1. Field of the Invention
This invention relates to a method of providing a silicon semiconductor pellet with a heat sink and a semiconductor device with a heat sink.
2. Description of the Prior Art
In the fabrication of semiconductor devices, bonding of silicon semiconductor pellets to heat sinks of copper tends to pose such a problem that temperature changes may fracture the silicon pellets to damage integrated circuits in the pellets. This results from the differences between the thermal expansion coefficients of the two materials. For this reason direct bonding of silicon semiconductor pellets about 1.2 mm sq. large or larger in size to heat sinks has hitherto been unfeasible.
To preclude the possibility of fracture of the silicon, it is necessary to interpose, between a silicon semiconductor pellet and a copper heat sink, a buffer such as a sheet of molybdenum whose thermal expansion coefficient is midway between those of silicon and copper, as proposed in U.S. Pat. No. 2,971,251 issued on Feb. 14, 1961 to Theo Willem Willemse, assignor to North American Phillips Company, Inc., New York, N.Y., entitled "SEMICONDUCTIVE DEVICE."

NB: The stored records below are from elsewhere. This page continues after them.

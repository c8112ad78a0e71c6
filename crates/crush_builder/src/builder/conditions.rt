//! Tests of the map that is being built. `crush_text` uses many of them to find a fault before it
//! calls a method that changes the map. The methods of the builder use some of them, too.

ghost use Rattle.std.specs.Prelude.{◌≡◌, ◌==◌, ◌↔◌, IsTrue, IfSome, IfOk, map, bytes_eq, true, false};
ghost use Rattle.std.specs.Option.{ok_or};
ghost use Rattle.crush_builder.specs.declared.fault.BuildFault.TheVariants.{UnknownItem};
ghost use Rattle.crush_units.specs.declared.id.ItemId.TheVariants.{Device, Bucket};
ghost use Rattle.crush_model.specs.Table.{is_there, is_placed};
ghost use Rattle.crush_edits.specs.Setting.{kind_number, has_tunable};
ghost use Rattle.crush_builder.specs.Built.{Draft, nothing};
ghost use Rattle.crush_builder.specs.Building.{IsDraft, is_begun, is_numbered, is_filling, is_open};
ghost use Rattle.crush_builder.specs.Building.{has_kind_number, has_kind_name, has_name, has_bucket_id};
ghost use Rattle.crush_builder.specs.Building.{is_bucket_kind, item_named, is_full_of_devices};
ghost use Rattle.crush_builder.specs.Building.{is_full_of_buckets, is_full_of_kinds};
ghost use Rattle.crush_builder.specs.Building.{is_full_of_tunables, has_class};
ghost use Rattle.crush_builder.specs.Building.{is_full_of_class_ids, names_bucket_kind};
ghost use Rattle.crush_builder.specs.Building.{has_pending_id, pending_class_ids};
ghost use Rattle.crush_nodes.specs.Seen.{shadow_data};
ghost use Rattle.crush_nodes.specs.declared.node.ShadowId.{ShadowId as DeclaredShadow};
ghost use Rattle.std.specs.List.{list_any};

use super::{MapBuilder, Pending};
use crate::fault::BuildFault;
use crush_tree::ShadowId;
use crush_units::limits::{MOST_BUCKETS, MOST_CLASS_IDS, MOST_DEVICES, MOST_TUNABLES, MOST_TYPES};
use crush_units::{BucketId, DeviceId, ItemId, TypeId};
use std::alloc::Allocator;

impl<A: Allocator> MapBuilder<A> {
    /// Whether no statement is incomplete, so that a type, tunable, device, bucket or rule may come
    /// next.
    pub fn is_idle(&self) -> bool
        ensures { IsTrue result ↔ (self.now.pending ≡ nothing) }
    {
        matches!(self.pending, Pending::Nothing)
    }

    /// Whether the statement of a bucket has begun, and the bucket has no id yet.
    pub fn is_begun(&self) -> bool
        ensures { result ≡ is_begun self.now.pending }
    {
        matches!(self.pending, Pending::Begun(..))
    }

    /// Whether a bucket has its id but no algorithm yet, so that class ids or the algorithm may
    /// come next.
    pub fn is_numbered(&self) -> bool
        ensures { result ≡ is_numbered self.now.pending }
    {
        matches!(self.pending, Pending::Numbered(..))
    }

    /// Whether a bucket has its algorithm and isn't complete yet, so that an item or the end of the
    /// bucket may come next.
    pub fn is_filling(&self) -> bool
        ensures { result ≡ is_filling self.now.pending }
    {
        matches!(self.pending, Pending::Filling(_))
    }

    /// Whether a device has this id.
    pub fn has_device(&self, id: DeviceId) -> bool
        ensures { (d : Draft) → IsDraft self.now d → result ≡ is_there d.table (Device id) }
    {
        self.hierarchy.kind(ItemId::Device(id)).is_some()
    }

    /// Whether a bucket has this id, or one of a bucket's class ids is this id. The incomplete
    /// bucket also counts.
    pub fn has_bucket_id(&self, id: BucketId) -> bool
        ensures { (d : Draft) → IsDraft self.now d → result ≡ has_bucket_id d id }
    {
        self.hierarchy.is_used(id) || self.has_pending_id(id)
    }

    /// Whether the incomplete bucket, if it has no algorithm yet, has a class id for this class.
    ///
    /// Returns `false` if no bucket is incomplete, or if the incomplete bucket has its algorithm.
    pub fn has_class(&self, class: &[u8]) -> bool
        ensures { (d : Draft) → IsDraft self.now d → result ≡ has_class d class.now }
    {
        names_class(self.class_ids(), class)
    }

    /// Whether the incomplete bucket, if it has no algorithm yet, already has 16 class ids, which
    /// is the maximum.
    pub fn is_full_of_class_ids(&self) -> bool
        ensures { (d : Draft) → IsDraft self.now d → result ≡ is_full_of_class_ids d }
    {
        self.class_ids().len() >= MOST_CLASS_IDS
    }

    /// Whether an item has this name. The incomplete bucket also counts.
    pub fn has_name(&self, name: &[u8]) -> bool
        ensures { (d : Draft) → IsDraft self.now d → result ≡ has_name d name.now }
    {
        let pending = match &self.pending {
            Pending::Begun(_, own) => own.is(name),
            Pending::Numbered(_, own, _, _) => own.is(name),
            _ => false,
        };
        self.hierarchy.id_of_bytes(name).is_some() || pending
    }

    /// Whether a type has this number.
    pub fn has_kind_number(&self, number: TypeId) -> bool
        ensures { (d : Draft) → IsDraft self.now d → result ≡ has_kind_number d.setting number }
    {
        self.setting.kind_name(number).is_some()
    }

    /// Whether a type has this name.
    pub fn has_kind_name(&self, name: &[u8]) -> bool
        ensures { (d : Draft) → IsDraft self.now d → result ≡ has_kind_name d.setting name.now }
    {
        self.kind_number(name).is_some()
    }

    /// Whether a tunable has this name.
    pub fn has_tunable(&self, name: &[u8]) -> bool
        ensures { (d : Draft) → IsDraft self.now d → result ≡ has_tunable d.setting name.now }
    {
        self.setting.tunables().contains_key(name)
    }

    /// Whether a bucket can have the type with this number: the number isn't 0, and the map has the
    /// type.
    pub fn is_bucket_kind(&self, number: TypeId) -> bool
        ensures { (d : Draft) → IsDraft self.now d → result ≡ is_bucket_kind d.setting number }
    {
        number.number() > 0 && self.has_kind_number(number)
    }

    /// Whether a bucket can have the type of this name: the map has the type, and its number isn't
    /// 0.
    pub(super) fn names_bucket_kind(&self, name: &[u8]) -> bool
        ensures { (d : Draft) → IsDraft self.now d
            → result ≡ names_bucket_kind d.setting name.now }
    {
        match self.kind_number(name) {
            Some(number) => number.number() > 0,
            None => false,
        }
    }

    /// Returns the number of the type with this name, or `None` if the map has no such type.
    pub fn kind_number(&self, name: &[u8]) -> Option<TypeId>
        ensures { (d : Draft) → IsDraft self.now d → result ≡ kind_number d.setting name.now }
    {
        self.setting.kind_number(name)
    }

    /// Returns the id of the device or complete bucket with this name.
    ///
    /// Returns [`BuildFault::UnknownItem`] if there is none.
    pub fn item_named(&self, name: &[u8]) -> Result<ItemId, BuildFault>
        ensures value { (d : Draft) → IsDraft self.now d
            → result ≡ ok_or (item_named d name.now) UnknownItem }
        ensures there { IfOk result (λ i. (d : Draft) → IsDraft self.now d
            → is_there d.table i ≡ true) }
        ensures closed { IfOk result (λ i. is_open self.now.pending i ≡ false) }
    {
        self.closed_item(name).ok_or(BuildFault::UnknownItem)
    }

    /// Returns the id of the device or complete bucket with this name, or `None` if there is none.
    pub(super) fn closed_item(&self, name: &[u8]) -> Option<ItemId>
        ensures value { (d : Draft) → IsDraft self.now d → result ≡ item_named d name.now }
        ensures there { IfSome result (λ i. (d : Draft) → IsDraft self.now d
            → is_there d.table i ≡ true) }
        ensures closed { IfSome result (λ i. is_open self.now.pending i ≡ false) }
    {
        match self.hierarchy.id_of_bytes(name)? {
            ItemId::Device(device) => Some(ItemId::Device(device)),
            ItemId::Bucket(bucket) => {
                if self.fills(bucket) {
                    None
                } else {
                    Some(ItemId::Bucket(bucket))
                }
            }
        }
    }

    /// Whether a bucket holds the item with this id.
    pub fn is_placed(&self, id: ItemId) -> bool
        ensures { (d : Draft) → IsDraft self.now d → result ≡ is_placed d.table id }
    {
        self.hierarchy.parent(id).is_some()
    }

    /// Returns how often an item that is a bucket was written with another weight than the sum of
    /// the weights of the devices below it. The bucket kept this sum each time.
    pub fn adjusted(&self) -> u32
        ensures { (d : Draft) → IsDraft self.now d → result ≡ d.adjusted }
    {
        self.adjusted
    }

    /// Whether the map already has 65,536 devices, which is the maximum.
    pub fn is_full_of_devices(&self) -> bool
        ensures { (d : Draft) → IsDraft self.now d → result ≡ is_full_of_devices d }
    {
        self.hierarchy.counts().devices >= MOST_DEVICES
    }

    /// Whether the map already has 4,096 buckets, which is the maximum.
    pub fn is_full_of_buckets(&self) -> bool
        ensures { (d : Draft) → IsDraft self.now d → result ≡ is_full_of_buckets d }
    {
        self.hierarchy.counts().buckets >= MOST_BUCKETS
    }

    /// Whether the map already has 256 types, which is the maximum.
    pub fn is_full_of_kinds(&self) -> bool
        ensures { (d : Draft) → IsDraft self.now d → result ≡ is_full_of_kinds d }
    {
        self.setting.kinds().len() >= MOST_TYPES
    }

    /// Whether the map already has 64 tunables, which is the maximum.
    pub fn is_full_of_tunables(&self) -> bool
        ensures { (d : Draft) → IsDraft self.now d → result ≡ is_full_of_tunables d }
    {
        self.setting.tunables().len() >= MOST_TUNABLES
    }

    /// Whether the incomplete bucket, if it has no algorithm yet, has this id or has a class id
    /// that is this id.
    fn has_pending_id(&self, id: BucketId) -> bool
        ensures { result ≡ has_pending_id self.now.pending id }
    {
        match &self.pending {
            Pending::Numbered(_, _, own, _) => *own == id || numbers_class_id(self.class_ids(), id),
            _ => false,
        }
    }

    /// Returns the class ids of the incomplete bucket if it has no algorithm yet, and otherwise an
    /// empty list.
    fn class_ids(&self) -> &[ShadowId<A>]
        ensures { map shadow_data result.now ≡ pending_class_ids self.now.pending }
    {
        match &self.pending {
            Pending::Numbered(_, _, _, Some(class_ids)) => class_ids.as_slice(),
            _ => &[],
        }
    }

    /// Whether the bucket with this id is the incomplete bucket that receives items now.
    pub(super) fn fills(&self, id: BucketId) -> bool
        ensures { result ≡ is_open self.now.pending (Bucket id) }
    {
        match &self.pending {
            Pending::Filling(bucket) => *bucket == id,
            _ => false,
        }
    }
}

fn numbers_class_id<A: Allocator>(class_ids: &[ShadowId<A>], id: BucketId) -> bool
    ensures { result ≡ list_any (λ (c : DeclaredShadow _). c.id == id) class_ids.now }
{
    class_ids.iter().any(|class_id| class_id.id == id)
}

fn names_class<A: Allocator>(class_ids: &[ShadowId<A>], class: &[u8]) -> bool
    ensures { result
        ≡ list_any (λ (c : DeclaredShadow _). bytes_eq c.class class.now) class_ids.now }
{
    class_ids.iter().any(|class_id| class_id.class.is(class))
}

Thus, a common practice has involved pressure welding or brazing (or soldering) a molybdenum sheet to the surface of a copper heat sink, placing gold foil on the molybdenum sheet and heating them together so that gold-silicon eutectic alloy is formed thereby to connect the silicon pellet to the molybdenum. Or, the silicon pellet may be brazed or soldered to the combination of the copper heat sink and the molybdenum sheet without forming the gold-silicon eutectic alloy.
Extensive investigations have been made concerning possible causes for the above-mentioned problem. As a result, it has now been found that, with the conventional heat sinks which are made of oxygen-free copper, the heat treatment for pellet bonding completely anneals the copper and lowers its yield point with a result that the pellet bonded to the heat sink undergoes such strain at various temperatures as represented by the dashed-line curve c in FIG. 2. A subsequent heat treatment such as for nail-head bonding (at about 310.degree. C.) or some other treatments, for example for connection of the semiconductor device to a printed-circuit board (at about 250.degree. C. when soldered), produces a tensile strain above the fracture limit, causing the device to be broken or fractured.